Additional context An identical problematic situation has been occurring in the ITN/testnet, where there is race between GetData request and block acceptance too.

goshawk-3 commented 6 months ago

Option 1: Assumes that GetResource msg brings the block certificate.

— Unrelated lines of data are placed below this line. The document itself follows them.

//! What specifications answer to a run that is over, of which the log is kept in memory, and which invariant its states break.

ghost use Rattle.std.specs.Prelude.{◌≡◌, IfOk, length, map, option_map};
ghost use Rattle.std.specs.Option.{option_copied};
ghost use Rattle.ioa_compile.specs.Tables.{start_states, tabled};
ghost use Rattle.ioa_system.specs.Outcomes.{ending_of};
ghost use Rattle.ioa_system.specs.Logs.{logged};
ghost use Rattle.ioa_monitor.specs.Monitoring.{monitored};
ghost use Rattle.ioa_inspect.specs.Breaking.{broken_of};
ghost use Rattle.ioa_serving.specs.Logs.{performed_in};
ghost use Rattle.ioa_serving.specs.SeedRuns.{broken_in, judged_of, table_answer};

use ioa_compile::Program;
use ioa_compose::Composition;
use ioa_inspect::{Broken, invariants};
use ioa_system::{End, Log, LogEnd, Step, System};
use ioa_value::OutOfMemory;
use std::alloc::Global;

/// A run, and what each specification answers to it: nothing where it accepts it, or else why not.
#[derive(Drop)]
pub struct JudgedRun {
    pub log: Log,
    pub answers: Vec<Option<End>>,
    /// Where it is asked whether its states keep the invariants: the first that is broken, or nothing where none is.
    pub inspected: Option<Option<Broken>>,
}

/// A run with the answers of these specifications, and with the first invariant that is broken, where a composition is given, whose run it is. It asks that all
/// that the specifications do is seen.
pub fn judged(
    alloc: Global,
    specifications: &[Program],
    composition: Option<&Composition>,
    log: Log,
) -> Result<JudgedRun, OutOfMemory>
    ensures log { IfOk result (λ j. (judged_of j).log ≡ logged log) }
    ensures answers { IfOk result (λ j. (judged_of j).answers ≡ map (table_answer (logged log)) specifications.now) }
    ensures inspected { IfOk result (λ j. (judged_of j).inspected ≡ broken_in (option_copied composition.entry) (logged log)) }
{
    let inspected = inspected_in(alloc, composition, &log)?;
    let answers = answers_of(alloc, specifications, &log)?;
    Ok(JudgedRun {
        log,
        answers,
        inspected,
    })
}

/// The first of the source's invariants that is broken in a state of the composition's run that the log tells, if one is; nothing without a composition. The
/// log of a run is one of the composition's, which leaves no other error than want of memory.
fn inspected_in(
    alloc: Global,
    composition: Option<&Composition>,
    log: &Log,
) -> Result<Option<Option<Broken>>, OutOfMemory>
    ensures { IfOk result (λ inspected. option_map (option_map broken_of) inspected ≡ broken_in (option_copied composition.entry) (logged log.now)) }
{
    let Some(composition) = composition else {
        return Ok(None);
    };
    match invariants(alloc, composition, log) {
        Ok(broken) => Ok(Some(broken)),
        Err(_) => Err(OutOfMemory),
    }
}

/// What each specification answers.
fn answers_of(
    alloc: Global,
    specifications: &[Program],
    log: &Log,
) -> Result<Vec<Option<End>>, OutOfMemory>
    ensures { IfOk result (λ answers. map (option_map ending_of) answers.items ≡ map (table_answer (logged log.now)) specifications.now) }
{
    let mut answers = Vec::new(alloc);
    for specification in specifications {
        let answer = answer_of(alloc, specification, log)?;
        answers.push(answer)?;
    }
    Ok(answers)
}

/// Why a specification does not accept what the log tells to be performed, with the index of the first action that it does not; nothing where it accepts it.
fn answer_of(alloc: Global, specification: &Program, log: &Log) -> Result<Option<End>, OutOfMemory>
    ensures { IfOk result (λ answer. option_map ending_of answer ≡ monitored (tabled specification.now) (performed_in (logged log.now)) (start_states specification.now)) }
{
    let entries = log.entries.as_slice();
    let mut system = System::start(alloc, specification)?;
    for index in 0..performed_count(log) {
        let entry = &entries[index];
        let answer = system.step(&entry.action)?;
        match answer {
            Step::Next | Step::NotAnAction => {}
            Step::NotEnabled => return Ok(Some(End::NotEnabled(index))),
            Step::Fault(component, fault) => {
                return Ok(Some(End::Fault(component, fault, index)));
            }
        }
    }
    Ok(None)
}

/// How many actions the log tells to be performed: the last one of a log that ends by a fault is not.
pub fn performed_count(log: &Log) -> usize
    ensures { result ≡ length (performed_in (logged log.now)) }
{
    match log.end {
        LogEnd::Done(_) => log.entries.len(),
        LogEnd::Fault(_, _, _) => log.entries.len().saturating_sub(1),
    }
}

function handleGetResource(hash):
begin
    block = searchInLedgerCF(hash)
    if block is not found:
        block = searchInCandidatesCF(hash)
        if block is found:
            attachCertificate(block)
            sendBlockToRequester(block, requester_addr)
end

*CF - RocksDB column Family

Option 2 Assumes that the Sender maintains a cache of received Quorum messages.

// in Receiver:
function handleGetResource(hash):
begin
    block = searchInLedgerCF(hash)
    if block is not found:
        block = searchInCandidatesCF(hash)
        if block is found:
           // sends a candidate without certificate
            sendCandidateToRequester(block, requester_addr)
end

// in Requester:
function handleCandidate(candidate_block)
begin
    fetchCertificateFromCache(Hash)
    block = attachCertificate(candidate_block)

    on_block_event(block)
end
goshawk-3 commented 6 months ago

WRT Option 2:

Store/Persist Quorum Msg in RocksDB ColumnFamily. It will be deleted if it is fetched or it expires. On receiving a block without certificate, the requester looks for the corresponding Certificate in Quorum CF. Thus we can store many Quorums (on-disk) temporarily.